Des eurodéputés «choqués» par le volume d’armes européennes chez les terroristes syriens

Sputnik a pris connaissance de l’existence d’un projet de résolution mis au point par un groupe de députés européens. Il concerne l’évaluation du nombre d’ armes en provenance de l’Union européenne se trouvant entre les mains des terroristes en Irak et en Syrie et qui nécessite une enquête spéciale.

En effet, le document, déjà approuvé par la commission des Affaires étrangères (AFET), souligne que le Parlement européen est «choqué par le volume des armes et munitions de fabrication européenne retrouvées entre les mains de Daech en Syrie et en Irak».

Le projet de résolution propose d’obliger les membres de l’UE à ne pas délivrer de licence d’exportation en cas de risques évidents de réexportation des technologies ou équipements en question. Le document mentionne que :

«Le PE appelle les pays membres à renoncer à l’avenir à des transferts similaires, notamment vers les États-Unis et l’Arabie saoudite.»

Tout au long du conflit syrien, les officiers des forces gouvernementales ont à plusieurs reprises fait état de la découverte d’importantes quantités d’armes, munitions et matières explosives de fabrication américaine et européenne dans les zones libérées des terroristes.

Rappelons qu’au mois de juin dernier, M. Igor Konachenkov, le représentant du ministère russe de la Défense avait déclaré que l’expansion de Daech en Syrie était devenue possible en raison de l’inaction criminelle des États-Unis et de la «coalition internationale» autoproclamée.

En outre, selon lui, la majorité des armes livrées par les États-Unis en Syrie est tombée entre les mains du Front al-Nosra et de Daech, qui cherchaient à renverser Bachar Assad.

Il avait ajouté :

« Pendant tout ce temps, Washington était concentré sur le financement et les livraisons directes d’armes coûtant des centaines de millions de dollars à une fictive « opposition syrienne ».

Cependant, la grande majorité des armes et des munitions fournies par les États-Unis est tombée entre les mains des terroristes du Front al Nosra, la branche armée d’Al Qaïda et de Daech, dont les objectifs, par coïncidence avec la politique de Washington étaient de renverser le gouvernement légitime syrien. »
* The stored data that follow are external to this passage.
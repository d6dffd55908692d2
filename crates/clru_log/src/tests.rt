//! What is cut of logs, and which times columns name.
use crate::{Columns, CutReader, Format, Wanted, log_time};
use clru_text::{ReadError, read_input};
use std::alloc::{AllocError, Global};
use std::fmt::Debug;
use std::process::Abort;
use std::test::Fail;

fn equal<T: PartialEq + Debug + Drop>(rt: &impl Abort, left: T, right: T) {
    assert_eq!(rt; left, right);
}

/// Its lines count, have another method, another status, too few columns, end in a carriage return, and without a newline.
static COMBINED: &[u8] =
    b"192.0.2.1 - - [15/Nov/2023:02:23:08 +0000] \"GET /a?b=1 HTTP/1.1\" 200 5 \"-\" \"x y\"\n\
192.0.2.1 - - [15/Nov/2023:02:23:08 +0000] \"POST /a HTTP/1.1\" 200 5 \"-\" \"x\"\n\
192.0.2.1 - - [15/Nov/2023:02:23:09 +0000] \"GET /b HTTP/1.1\" 404 5 \"-\" \"x\"\n\
192.0.2.1 - -\n\
192.0.2.1 - - [15/Nov/2023:02:23:09 +0000] \"GET /c HTTP/1.1\" 304\r\n\
192.0.2.1 - - [15/Nov/2023:02:23:09 +0000] \"GET /d HTTP/1.1\" 200";

/// Two columns of a key, of which one is the last and one is empty.
static TABS: &[u8] =
    b"TCP_HIT/200\t/a\texample.org\r\nTCP_MISS/503\t/a\texample.org\r\nTCP_HIT/200\t\tb";

fn combined(alloc: Global) -> Result<Format, AllocError> {
    Ok(Format {
        columns: Columns::Blanks,
        key: vec![in alloc; 7]?,
        method: Some(6),
        status: Some(9),
    })
}

fn tabs(alloc: Global) -> Result<Format, AllocError> {
    Ok(Format {
        columns: Columns::Tabs,
        key: vec![in alloc; 3, 2]?,
        method: None,
        status: Some(1),
    })
}

// What is cut, and how many lines there are, count, or have another method, another status or too few columns.
fn cut(
    alloc: Global,
    format: Format,
    wanted: Wanted,
    log: &[u8],
) -> Result<(Vec<u8>, [u64; 5]), ReadError> {
    let mut reader = CutReader::new(alloc, log, format, wanted);
    let plain = read_input(alloc, &mut reader)?;
    let counts = reader.counts();
    Ok((
        plain,
        [
            counts.lines,
            counts.kept,
            counts.methods,
            counts.statuses,
            counts.columns,
        ],
    ))
}

#[test]
fn lines_that_count_are_cut(rt: HostRuntime) -> Result<(), Fail> {
    let alloc = rt.alloc();
    let counted = Wanted {
        all_requests: false,
        no_query: true,
    };
    let all = Wanted {
        all_requests: true,
        no_query: false,
    };
    let (plain, counts) = cut(alloc, combined(alloc)?, counted, COMBINED)?;
    equal(
        &rt,
        (plain.as_slice(), counts),
        (b"/a\n/c\n/d\n", [6, 3, 1, 1, 1]),
    );
    let (plain, counts) = cut(alloc, combined(alloc)?, all, COMBINED)?;
    equal(
        &rt,
        (plain.as_slice(), counts),
        (b"/a?b=1\n/a\n/b\n/c\n/d\n", [6, 5, 0, 0, 1]),
    );
    let (plain, counts) = cut(alloc, tabs(alloc)?, counted, TABS)?;
    equal(
        &rt,
        (plain.as_slice(), counts),
        (b"example.org /a\nb \n", [3, 2, 0, 1, 0]),
    );
    Ok(())
}

/// The first room has 256 KiB, and the first line more. Its columns are at its beginning, so that they are soon found.
#[test]
fn a_long_line_is_cut(rt: HostRuntime) -> Result<(), Fail> {
    let alloc = rt.alloc();
    let mut log = b"200\t/a\tb\t".to_vec(alloc)?;
    log.resize(300_000, b'x')?;
    log.extend_from_slice(b"\n200\t/c\td")?;
    let wanted = Wanted {
        all_requests: false,
        no_query: false,
    };
    let (plain, counts) = cut(alloc, tabs(alloc)?, wanted, log.as_slice())?;
    equal(
        &rt,
        (plain.as_slice(), counts),
        (b"b /a\nd /c\n", [2, 2, 0, 0, 0]),
    );
    Ok(())
}

/// Further ones are in specs/DateLaws.
#[test]
fn columns_name_times(rt: HostRuntime) {
    let rows = [
        (
            b"[15/Nov/2023:02:23:08 +0000]".as_slice(),
            Some(1_700_014_988_000_000),
        ),
        (
            b"2024-02-29T00:00:00.5+01:00".as_slice(),
            Some(1_709_161_200_500_000),
        ),
        (b"1700014988.25".as_slice(), Some(1_700_014_988_250_000)),
        (b"2023-02-29T00:00:00Z".as_slice(), None),
    ];
    for (text, time) in rows {
        equal(&rt, log_time(text), time);
    }
}
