//! The position of the first newline. Sixteen bytes are looked at together, without a branch on each, because the processor would
//! guess the end of most lines wrong.
ghost use Rattle.std.specs.Prelude.{◌≡◌, ◌==◌, ◌+◌, ◌≤◌, length, position, take, drop};
ghost use Rattle.std.specs.List.{position_or_len};

use std::simd::prelude::*;

pub(crate) fn newline_at(bytes: &[u8]) -> Option<usize>
    ensures { result ≡ position (λ b. b == 10) bytes.now }
{
    let mut start = 0;
    while bytes.len() - start >= 16 {
        let at = first_of_sixteen(bytes, start);
        if at < 16 {
            return Some(start + at);
        }
        start += 16;
    }
    match newline_in(&bytes[start..]) {
        Some(at) => Some(start + at),
        None => None,
    }
}

fn newline_in(bytes: &[u8]) -> Option<usize>
    ensures { result ≡ position (λ b. b == 10) bytes.now }
{
    bytes.iter().position(|byte| *byte == b'\n')
}

/// Returns how many of the sixteen bytes from `start` on are before the first newline.
#[inline(always)]
fn first_of_sixteen(bytes: &[u8], start: usize) -> usize
    requires { start + 16 ≤ length bytes.now }
    ensures { result ≡ position_or_len (λ b. b == 10) (take 16 (drop start bytes.now)) }
{
    let newlines = u8x16::from_slice(&bytes[start..])
        .simd_eq(u8x16::splat(b'\n'))
        .to_bitmask();
    if newlines == 0 {
        16
    } else {
        newlines.trailing_zeros() as usize
    }
}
Le représentant du ministère russe de la Défense n’avait pas omis de rappeler que :

« L‘apparition et la formation de l’organisation terroriste Daech en Irak était une conséquence directe et incontestable de l’invasion du pays par les troupes américaines» sous prétexte que ce pays, alors dirigé par Saddam Hussein, possédait des armes chimiques, ce qui s’est avéré faux.

Et, d’ajouter que :

« L’expansion ultérieure de Daech en Syrie est devenue possible grâce à l’inaction criminelle des États-Unis et de la « coalition internationale » autoproclamée, avec pour conséquence directe la prise de contrôle rapide par les terroristes de Daech des principales régions pétrolifères de l’est de la Syrie, ainsi que des flux de capitaux provenant de la vente illégale de produits pétroliers.»

Il est effrayant de constater, après coup, à quel point les Arrogants peuvent dériver durant des conflits en se prenant pour les maîtres du jeu. Ils distribuent les cartes à leur guise.

Une fois le calme revenu, grâce aux sacrifices du peuple et de l’armée légitime du pays meurtri, un voile se lève sur une partie de la vérité qui en choque plus d’un.

C’est toujours le même scénario qui se répète, la Syrie, l’Irak, la Libye, le Yémen, le Liban…

Sous les prétextes les plus saugrenus, ces pays sont ciblés, diabolisés, accusés puis attaqués, voire détruits, pour ensuite dire que finalement c’était une erreur.

À qui profite ces guerres meurtrières ?

De quel droit ou au nom de quoi un gouvernement (une institution) peut-il décider du sort d’un autre pays souverain et y commet les pires des crimes ?

Les valeurs qui régissent les relations internationales sont à revoir afin que la justice, la paix et le bien-être des peuples soient appliqués pour tous et à juste mesure.